# Luring animals to your land



## homesteadpastor (Jan 27, 2014)

I don't have a bunch of land but I do have a couple of acres. Every now and the I see some small animals passing through like rabbits or a possum. I've heard someone spotted some pigs once but only once and they certainly don't live on the land. We don't have a water source on the property like a creek or pool so I'm thinking having a food source is what I need to bring some animals around, but I'm not sure how to go about it.

I do plan to add some vegetation at some point, but for now I'm thinking of getting a bag of deer corn to spread out in certain spots every now and then. I'd like to see some pigs come around and smaller animals to take and process. Will a bag of corn do it? Will animals even know it's there other than the birds? I'd appreciate any advice on attracting animals.


----------



## farmerDale (Jan 8, 2011)

Well, what is your two acres like? Open, wooded, hilly? What animals are you wanting to draw in? 

It is amazing how animals will home in on a food source, if they have a consistent supply over time. 

If your land has some kind of cover on it furthest from the house, and you have decent habitat around you to draw them from, you should be well able to draw in wildlife with some corn or other grains, good quality hay, salt blocks, mineral licks, or even kitchen waste.


----------



## OffGridCooker (Jan 29, 2010)

Water and food will bring them in, dripping water will really bring them in, haul it in if you have to, and use a solar fountain pump.
Corn is a basic food I feed all year long.
Animals like cracked corn for quick consumption and whole corn for cashing/storage.
Sunflower is very popular and will bring in the cridders but it is expensive. The birds at my platform feeder will eat 2 lb a day if I am willing to do it. That is almost a buck!
Many animals like sunflower.
Birds or bird feeders attract other wildlife, so put up a bird feeder.
Millet based bird feed attract rodents, rodents attract owls and hawks and foxes.
Put you feeders in a clearing to give the predators a chance to keeping the rodents in check.

When I moved to my place there was on sign of wildlife, now with water, corn and the bird feeder, we have a very active site. Our dog stays very busy guarding the place at night. It keeps her active. When the dog sleeps inside the cridders swoop in and clean up any food on the ground.

I once had a combination bird, squirrel and hawk feeder, used a 16 ft pole that pivoted, the squirrels could climb up but they were a little too slow climbing down.
Am I a bad person?


----------



## homesteadpastor (Jan 27, 2014)

farmerDale said:


> Well, what is your two acres like? Open, wooded, hilly?
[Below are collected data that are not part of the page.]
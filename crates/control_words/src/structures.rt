// What each word takes, appends and leaves.
ghost use Rattle.std.specs.Prelude.{◌≡◌, ◌+◌, ◌%◌, ◌≤◌, Some, None};
ghost use Rattle.control_words.specs.Structures.{jump_bytes, IsFor};
ghost use Rattle.control_words.specs.declared.structures.Leaves.TheVariants.{Nothing};

use super::words::ControlWord;
use definition::registers::{Kind, Mark};
use steps::tokens::CompiledWord;

// The marks that a word takes, by their kinds, the top first.
#[derive(Clone, Copy)]
pub(crate) enum Takes {
    Nothing,
    One(Kind),
    Two(Kind, Kind),
}

// The marks that it leaves, the top first.
#[derive(Clone, Copy)]
pub(crate) enum Leaves {
    Nothing,
    One(Mark),
    Two(Mark, Mark),
}

// A word that is compiled with the cell behind it: where to go, or 0 while that is not known.
#[derive(Clone, Copy)]
pub(crate) struct Jump {
    pub(crate) word: CompiledWord,
    pub(crate) cell: u16,
}

impl Jump {
    #[tactic(auto, using(steps::proofs::Bytes::two_cells))]
    pub(crate) fn bytes(self) -> [u8; 4]
        ensures { result ≡ jump_bytes self }
    {
        let [low, high] = self.word.token().to_le_bytes();
        let [cell_low, cell_high] = self.cell.to_le_bytes();
        [low, high, cell_low, cell_high]
    }
}

// What a word takes and appends, the cell that learns the address behind that, and what it leaves.
#[derive(Clone, Copy)]
pub(crate) struct Structure {
    pub(crate) takes: Takes,
    pub(crate) appends: Option<Jump>,
    pub(crate) learns: Option<u16>,
    pub(crate) leaves: Leaves,
}

// A jump to an address that is not known yet.
fn forward(takes: Takes, word: CompiledWord, learns: Option<u16>, leaves: Leaves) -> Structure
    ensures { result ≡ record { takes = takes; appends = Some (record { word = word; cell = 0 }); learns = learns; leaves = leaves } }
{
    Structure {
        takes,
        appends: Some(Jump { word, cell: 0 }),
        learns,
        leaves,
    }
}

// A jump back to an address.
fn backward(takes: Takes, word: CompiledWord, cell: u16, learns: Option<u16>) -> Structure
    ensures { result ≡ record { takes = takes; appends = Some (record { word = word; cell = cell }); learns = learns; leaves = Nothing } }
{
    Structure {
        takes,
        appends: Some(Jump { word, cell }),
        learns,
        leaves: Leaves::Nothing,
    }
}

// The mark of the cell that is appended behind a token at DP.
fn mark_behind(kind: Kind, dp: u16) -> Mark
    requires { dp ≤ 32768 }
    ensures { result ≡ record { kind = kind; address = dp + 2 } }
{
    Mark {
        kind,
        address: dp + 2,
    }
}

// Behind the cell at an address, to which a loop goes back. A cell that does not lie in the dictionary is refused: the sum need not fit.
fn behind(cell: u16) -> u16
    ensures { result ≡ (cell + 2) % 65536 }
{
    cell.wrapping_add(2)
}

// The structure of a word, with DP and the addresses of the two top marks.
pub(crate) fn structure_of(word: ControlWord, dp: u16, top: u16, under: u16) -> Structure
    requires { dp ≤ 32768 }
    ensures { IsFor word dp top under result }
{
    match word {
        ControlWord::If => forward(
            Takes::Nothing,
            CompiledWord::BranchIfZero,
            None,
            Leaves::One(mark_behind(Kind::If, dp)),
        ),
        ControlWord::Else => forward(
            Takes::One(Kind::If),
            CompiledWord::Branch,
            Some(top),
            Leaves::One(mark_behind(Kind::If, dp)),
        ),
        ControlWord::Then => Structure {
            takes: Takes::One(Kind::If),
            appends: None,
            learns: Some(top),
            leaves: Leaves::Nothing,
        },
        ControlWord::Begin => Structure {
            takes: Takes::Nothing,
            appends: None,
            learns: None,
            leaves: Leaves::One(Mark {
                kind: Kind::Begin,
                address: dp,
            }),
        },
        ControlWord::While => forward(
            Takes::One(Kind::Begin),
            CompiledWord::BranchIfZero,
            None,
            Leaves::Two(
                mark_behind(Kind::While, dp),
                Mark {
                    kind: Kind::Begin,
                    address: top,
                },
            ),
        ),
        ControlWord::Repeat => backward(
            Takes::Two(Kind::While, Kind::Begin),
            CompiledWord::Branch,
            under,
            Some(top),
        ),
        ControlWord::Until => backward(
            Takes::One(Kind::Begin),
            CompiledWord::BranchIfZero,
            top,
            None,
        ),
        ControlWord::Do => forward(
            Takes::Nothing,
            CompiledWord::Do,
            None,
            Leaves::One(mark_behind(Kind::Do, dp)),
        ),
        ControlWord::Loop => backward(
            Takes::One(Kind::Do),
            CompiledWord::Loop,
            behind(top),
            Some(top),
        ),
        ControlWord::PlusLoop => backward(
            Takes::One(Kind::Do),
            CompiledWord::PlusLoop,
            behind(top),
            Some(top),
        ),
    }
}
What animals are you wanting to draw in?
> 
> It is amazing how animals will home in on a food source, if they have a consistent supply over time.
> 
> If your land has some kind of cover on it furthest from the house, and you have decent habitat around you to draw them from, you should be well able to draw in wildlife with some corn or other grains, good quality hay, salt blocks, mineral licks, or even kitchen waste.



There's some trees and shrubbery here. It's a flat land. There is a small river a couple hundred yards away on the next property. I'd like to draw in anything that's hog size and smaller that's good eating.


----------



## homesteadpastor (Jan 27, 2014)

OffGridCooker said:


> Water and food will bring them in, dripping water will really bring them in, haul it in if you have to, and use a solar fountain pump.
> Corn is a basic food I feed all year long.
> Animals like cracked corn for quick consumption and whole corn for cashing/storage.
> Sunflower is very popular and will bring in the cridders but it is expensive. The birds at my platform feeder will eat 2 lb a day if I am willing to do it. That is almost a buck!
> ...



I'd say you're hunting smart. I'd rather pay $5 for a bag of corn and get 50lbs of hog meat or several squirrels and rabbits. The high price of food these days is horrible.


----------



## OffGridCooker (Jan 29, 2010)

homesteadpastor said:


> I'd say you're hunting smart. I'd rather pay $5 for a bag of corn and get 50lbs of hog meat or several squirrels and rabbits. The high price of food these days is horrible.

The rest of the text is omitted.